Task instructions: Retype every entry precisely and keep each line whole.

[Data for the task Boundary: Start]

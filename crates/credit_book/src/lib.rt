//! What the bidders owe and have clinched: sums over the steps of a clock, and payments.
#![tactic(auto)]

ghost use Rattle.std.specs.Prelude.{◌≡◌, ℕ, ℤ, pos, ◌+ℤ◌, ◌-ℤ◌, FitsSigned};
ghost use Rattle.std.specs.Int.{w64};
ghost use Rattle.lot_base.specs.Goods.{cost};

pub mod account;

pub use account::Account;
use lot_base::{Bundle, Prices};

/// What a bidder pays: the price of its award, and its debit less its credit. It may be negative.
pub fn payment(prices: &Prices, award: &Bundle, debit: i64, credit: i64) -> i64
    requires { FitsSigned w64 ((pos (cost prices.now award.now) +ℤ debit) -ℤ credit) }
    ensures { result ≡ (pos (cost prices.now award.now) +ℤ debit) -ℤ credit }
{
    let price = lot_base::cost(prices, award);
    (price as i128 + debit as i128 - credit as i128) as i64
}

#[cfg(test)]
mod tests;
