//! Sums over the steps of a clock.
ghost use Rattle.std.specs.Prelude.{◌≡◌, ◌≢◌, ℕ, ℤ, pos, ◌+ℤ◌, ◌-ℤ◌, ◌≤ℤ◌, ◌+◌, ◌*◌, ◌^◌, ◌<◌, ◌≤◌, None, length, slice_index, slice_index_or};
ghost use Rattle.lot_base.specs.declared.limits.TheConstants.{MOST_STEPS};
ghost use Rattle.lot_base.specs.Economy.{total_units};
ghost use Rattle.credit_book.specs.Account.{least_in, others, units_left, sum_without};

use lot_base::{GoodSet, Goods, LeastTable};
use std::marker::Model;

/// The steps of a clock so far, as running sums. It holds at most 60,000 steps.
#[derive(Debug, Drop)]
pub struct Account {
    /// How many steps were added, at most 60,000.
    steps: u32,
    /// The supply of each step's set of goods, added up over the steps.
    units: u64,
    /// At its number, what each bidder demanded at least of each step's set, added up. Place 0 is nobody's.
    least: [u64; 13],
}

impl Model for Account {
    ghost use Rattle.std.specs.Prelude.{ℕ, List};
    ghost use Rattle.credit_book.specs.Account.{Sums};
    ghost use Rattle.credit_book.specs.Bounds.{IsBounded};

    ghost Value = { Sums };

    ghost view = { λ a. record { steps = a.steps; units = a.units; least = a.least } };

    ghost invariant = { λ a. IsBounded a.steps a.units a.least };
}

impl Account {
    /// An account of no steps.
    pub fn new() -> Account
        ensures steps { result.steps ≡ 0 }
        ensures sums { (bidder : ℕ) → sum_without result bidder ≡ pos 0 }
    {
        Account {
            steps: 0,
            units: 0,
            least: [0; 13],
        }
    }

    /// Adds a step on a set of goods. Bidder j's least quantities in the step's round are at place j, None for one who is no
    /// member; place 0 is nobody's.
    pub fn add(&mut self, goods: &Goods, set: GoodSet, tables: &[Option<LeastTable>; 13])
        requires room { self.old.steps < MOST_STEPS }
        requires set { set.0 < 2 ^ length goods.now }
        ensures steps { self.new.steps ≡ self.old.steps + 1 }
        ensures sums { (bidder : ℕ) → sum_without self.new bidder ≡ sum_without self.old bidder +ℤ units_left goods.now tables.now set.0
            bidder }
    {
        let _sets = goods.set_count();
        self.units += goods.units(set) as u64;
        add_least(&mut self.least, tables, set.0);
        self.steps += 1;
    }

    /// The number of steps.
    pub fn steps(&self) -> u32
        ensures { result ≡ self.now.steps }
    {
        self.steps
    }

    /// The sum, over the steps, of what the bidders but one leave of the set; 0 leaves nobody out.
    pub fn without(&self, bidder: u8) -> i64
        ensures value { result ≡ sum_without self.now bidder }
        ensures low { (pos 0 -ℤ pos (2 ^ 52)) ≤ℤ result }
        ensures high { result ≤ℤ pos (2 ^ 52) }
    {
        self.units as i64 - least_of_others(&self.least, bidder) as i64
    }
}

/// Adds the least of each bidder on a set to its sum.
fn add_least(sums: &mut [u64; 13], tables: &[Option<LeastTable>; 13], set: u8)
    requires set { set < 64 }
    requires small { (j : ℕ) → slice_index sums.old j < 2 ^ 48 }
    ensures sums { (j : ℕ) → slice_index sums.new j ≡ slice_index sums.old j + least_in (slice_index_or tables.now j None) set }
    ensures small { (j : ℕ) → slice_index sums.new j < slice_index sums.old j + 2 ^ 32 }
{
    for place in 0..13 {
        sums[place] += least_on(&tables[place], set) as u64;
    }
}

fn least_on(table: &Option<LeastTable>, set: u8) -> u16
    requires { set < 64 }
    ensures { result ≡ least_in table.now set }
{
    match table {
        Some(table) => table.0[set as usize],
        None => 0,
    }
}

/// The sums of the bidders but one, added up.
fn least_of_others(least: &[u64; 13], bidder: u8) -> u64
    requires { (j : ℕ) → slice_index least.now j < 2 ^ 48 }
    ensures sum { result ≡ total_units (λ j. slice_index least.now j) (others bidder) }
    ensures small { result ≤ 12 * 2 ^ 48 }
{
    let mut total = 0u64;
    for other in 1..13u8 {
        if other != bidder {
            total += least[other as usize];
        }
    }
    total
}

[Data for the task Boundary: End]

Result of this task:
filename crates/credit_book/src/lib.rt
//! What the bidders owe and have clinched: sums over the steps of a clock, and payments.
#![tactic(auto)]

ghost use Rattle.std.specs.Prelude.{◌≡◌, ℕ, ℤ, pos, ◌+ℤ◌, ◌-ℤ◌, FitsSigned};
ghost use Rattle.std.specs.Int.{w64};
ghost use Rattle.lot_base.specs.Goods.{cost};

pub mod account;

pub use account::Account;
use lot_base::{Bundle, Prices};

/// What a bidder pays: the price of its award, and its debit less its credit. It may be negative.
pub fn payment(prices: &Prices, award: &Bundle, debit: i64, credit: i64) -> i64
    requires { FitsSigned w64 ((pos (cost prices.now award.now) +ℤ debit) -ℤ credit) }
    ensures { result ≡ (pos (cost prices.now award.now) +ℤ debit) -ℤ credit }
{
    let price = lot_base::cost(prices, award);
    (price as i128 + debit as i128 - credit as i128) as i64
}

#[cfg(test)]
mod tests;
//! Sums over the steps of a clock.
ghost use Rattle.std.specs.Prelude.{◌≡◌, ◌≢◌, ℕ, ℤ, pos, ◌+ℤ◌, ◌-ℤ◌, ◌≤ℤ◌, ◌+◌, ◌*◌, ◌^◌, ◌<◌, ◌≤◌, None, length, slice_index, slice_index_or};
ghost use Rattle.lot_base.specs.declared.limits.TheConstants.{MOST_STEPS};
ghost use Rattle.lot_base.specs.Economy.{total_units};
ghost use Rattle.credit_book.specs.Account.{least_in, others, units_left, sum_without};

use lot_base::{GoodSet, Goods, LeastTable};
use std::marker::Model;

/// The steps of a clock so far, as running sums. It holds at most 60,000 steps.
#[derive(Debug, Drop)]
pub struct Account {
    /// How many steps were added, at most 60,000.
    steps: u32,
    /// The supply of each step's set of goods, added up over the steps.
    units: u64,
    /// At its number, what each bidder demanded at least of each step's set, added up. Place 0 is nobody's.
    least: [u64; 13],
}

impl Model for Account {
    ghost use Rattle.std.specs.Prelude.{ℕ, List};
    ghost use Rattle.credit_book.specs.Account.{Sums};
    ghost use Rattle.credit_book.specs.Bounds.{IsBounded};

    ghost Value = { Sums };

    ghost view = { λ a. record { steps = a.steps; units = a.units; least = a.least } };

    ghost invariant = { λ a. IsBounded a.steps a.units a.least };
}

impl Account {
    /// An account of no steps.
    pub fn new() -> Account
        ensures steps { result.steps ≡ 0 }
        ensures sums { (bidder : ℕ) → sum_without result bidder ≡ pos 0 }
    {
        Account {
            steps: 0,
            units: 0,
            least: [0; 13],
        }
    }

    /// Adds a step on a set of goods. Bidder j's least quantities in the step's round are at place j, None for one who is no
    /// member; place 0 is nobody's.
    pub fn add(&mut self, goods: &Goods, set: GoodSet, tables: &[Option<LeastTable>; 13])
        requires room { self.old.steps < MOST_STEPS }
        requires set { set.0 < 2 ^ length goods.now }
        ensures steps { self.new.steps ≡ self.old.steps + 1 }
        ensures sums { (bidder : ℕ) → sum_without self.new bidder ≡ sum_without self.old bidder +ℤ units_left goods.now tables.now set.0
            bidder }
    {
        let _sets = goods.set_count();
        self.units += goods.units(set) as u64;
        add_least(&mut self.least, tables, set.0);
        self.steps += 1;
    }

    /// The number of steps.
    pub fn steps(&self) -> u32
        ensures { result ≡ self.now.steps }
    {
        self.steps
    }

    /// The sum, over the steps, of what the bidders but one leave of the set; 0 leaves nobody out.
    pub fn without(&self, bidder: u8) -> i64
        ensures value { result ≡ sum_without self.now bidder }
        ensures low { (pos 0 -ℤ pos (2 ^ 52)) ≤ℤ result }
        ensures high { result ≤ℤ pos (2 ^ 52) }
    {
        self.units as i64 - least_of_others(&self.least, bidder) as i64
    }
}

/// Adds the least of each bidder on a set to its sum.
fn add_least(sums: &mut [u64; 13], tables: &[Option<LeastTable>; 13], set: u8)
    requires set { set < 64 }
    requires small { (j : ℕ) → slice_index sums.old j < 2 ^ 48 }
    ensures sums { (j : ℕ) → slice_index sums.new j ≡ slice_index sums.old j + least_in (slice_index_or tables.now j None) set }
    ensures small { (j : ℕ) → slice_index sums.new j < slice_index sums.old j + 2 ^ 32 }
{
    for place in 0..13 {
        sums[place] += least_on(&tables[place], set) as u64;
    }
}

fn least_on(table: &Option<LeastTable>, set: u8) -> u16
    requires { set < 64 }
    ensures { result ≡ least_in table.now set }
{
    match table {
        Some(table) => table.0[set as usize],
        None => 0,
    }
}

/// The sums of the bidders but one, added up.
fn least_of_others(least: &[u64; 13], bidder: u8) -> u64
    requires { (j : ℕ) → slice_index least.now j < 2 ^ 48 }
    ensures sum { result ≡ total_units (λ j. slice_index least.now j) (others bidder) }
    ensures small { result ≤ 12 * 2 ^ 48 }
{
    let mut total = 0u64;
    for other in 1..13u8 {
        if other != bidder {
            total += least[other as usize];
        }
    }
    total
}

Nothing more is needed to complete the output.